**What to do**
All lines from the one containing "words of hosts" down to the one containing "taken. So of any", both ends included, are to be given again exactly; omit the rest of the listing below.

**Given data**

--------------------------------------------------

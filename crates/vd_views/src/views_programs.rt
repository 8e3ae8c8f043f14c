//! What hosts see together of a whole program: other inputs that agree on their own inputs, and on the clear words that come to
//! each of them, are explained to them by another deal. Nothing is computed here: each function's clauses are laws.

ghost use Rattle.std.specs.Prelude.{ℕ, ◌<◌, Bool, length};
ghost use Rattle.vd_noninter.specs.NoninterLawsDependence.{AreReached};
ghost use Rattle.vd_noninter.specs.Reading.{becomes_readable_to, reads_host, reads_result};
ghost use Rattle.vd_views.specs.Promise.{ExplainsOthers, OfEachProgram};
ghost use Rattle.vd_base.specs.HostSets.{host};
ghost use Rattle.vd_views.specs.Explained.{InputsChooseBranches, OthersAreExplained, ExplainedBack, OwnWordsStay, AllButOneLook, OneOfTwoLooks};
ghost use Rattle.vd_views.specs.PairUp.{DealsPairUp, ThereAreAsMany};
ghost use Rattle.vd_views.specs.Lengths.{ExcusesAreAsLong, ShowEquallyMany};
ghost use Rattle.vd_views.specs.ViewsProgramsExample.{WorkedExcuse, WorkedConversion};
ghost use Rattle.vd_views.specs.AnyOrder.{SeesFrontsInAnyOrder};

/// Of a program at a valid assignment of protocols, and hosts of it that look together, to none of which a host outside is bound by a
/// commitment: other inputs may agree on their own inputs, and on each word that comes to one of them in clear. Then there is one other valid deal, with the same parts
/// for all of them and the same own words, under which they see of the other inputs what they saw of the first. Own words of hosts
/// outside that are given to them stand where the second run gives some. It is computed gadget by gadget, along both runs.
/// Explained back, the first deal comes again. Where own words are taken in sight of those that look, none moves. So it is
/// where one host alone is outside, and where one of two looks.
pub fn other_inputs_have_an_excuse()
    ensures explained { OthersAreExplained }
    ensures back { ExplainedBack }
    ensures stay { OwnWordsStay }
    ensures all_but_one { AllButOneLook }
    ensures one_of_two { OneOfTwoLooks }
{}

/// Whatever is dealt, two runs on the same inputs take the same branches: dealt items choose none.
pub fn inputs_choose_the_branches()
    ensures { InputsChooseBranches }
{}

/// The deals of both families of inputs belong to each other one to one, and each keeps the items that are not taken. So of any
/// number of different deals by which a coalition sees something of the first inputs, there are equally many by which it sees the
/// same of the second. A deal that is long enough is explained by one of the same lengths, if own words reach for both runs; and of
/// all that are of given lengths, and by which the coalition sees something, there are equally many of both: what it sees tells it
/// nothing of the inputs.
pub fn deals_belong_to_each_other()
    ensures pair_up { DealsPairUp }
    ensures as_many { ThereAreAsMany }
    ensures as_long { ExcusesAreAsLong }
    ensures equally_many { ShowEquallyMany }
{}

/// Under whatever schedules the two runs go, what a host of the coalition prints and is told in either is a prefix of the same
/// lists, and at the end it is the same in both.
pub fn any_order_looks_alike()
    ensures { SeesFrontsInAnyOrder }
{}

/// Whatever hosts see together could have come from any inputs that agree, for each of them, on its own, on those of the hosts that
/// it may read, and on the words that become readable to it by a declassification; and so where they agree on the hosts whose
/// inputs are reached from its outputs, and on all that is declassified to it. It holds at every valid assignment in which no host
/// outside is bound by a commitment to one of them.
pub fn what_may_not_be_read_stays_open()
    ensures readable { OfEachProgram (λ p l. ExplainsOthers p l (λ h. becomes_readable_to p l (host h)) (λ h. reads_host p (host h))) }
    ensures reached { OfEachProgram (λ p l. (hosts : ℕ → ℕ → Bool) →
        ((h : ℕ) → h < length p.hosts → AreReached p l (host h) (hosts h)) → ExplainsOthers p l (λ h. reads_result p l (host h)) hosts) }
{}

/// Of the product of two inputs, and of a word that is converted: which item of the other host the deal that is computed
/// changes, and how.
pub fn worked_excuse()
    ensures product { WorkedExcuse }
    ensures conversion { WorkedConversion }
{}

--------------------------------------------------

**Answer section**
/// for all of them and the same own words, under which they see of the other inputs what they saw of the first. Own words of hosts
/// outside that are given to them stand where the second run gives some. It is computed gadget by gadget, along both runs.
/// Explained back, the first deal comes again. Where own words are taken in sight of those that look, none moves. So it is
/// where one host alone is outside, and where one of two looks.
pub fn other_inputs_have_an_excuse()
    ensures explained { OthersAreExplained }
    ensures back { ExplainedBack }
    ensures stay { OwnWordsStay }
    ensures all_but_one { AllButOneLook }
    ensures one_of_two { OneOfTwoLooks }
{}

/// Whatever is dealt, two runs on the same inputs take the same branches: dealt items choose none.
pub fn inputs_choose_the_branches()
    ensures { InputsChooseBranches }
{}

/// The deals of both families of inputs belong to each other one to one, and each keeps the items that are not taken. So of any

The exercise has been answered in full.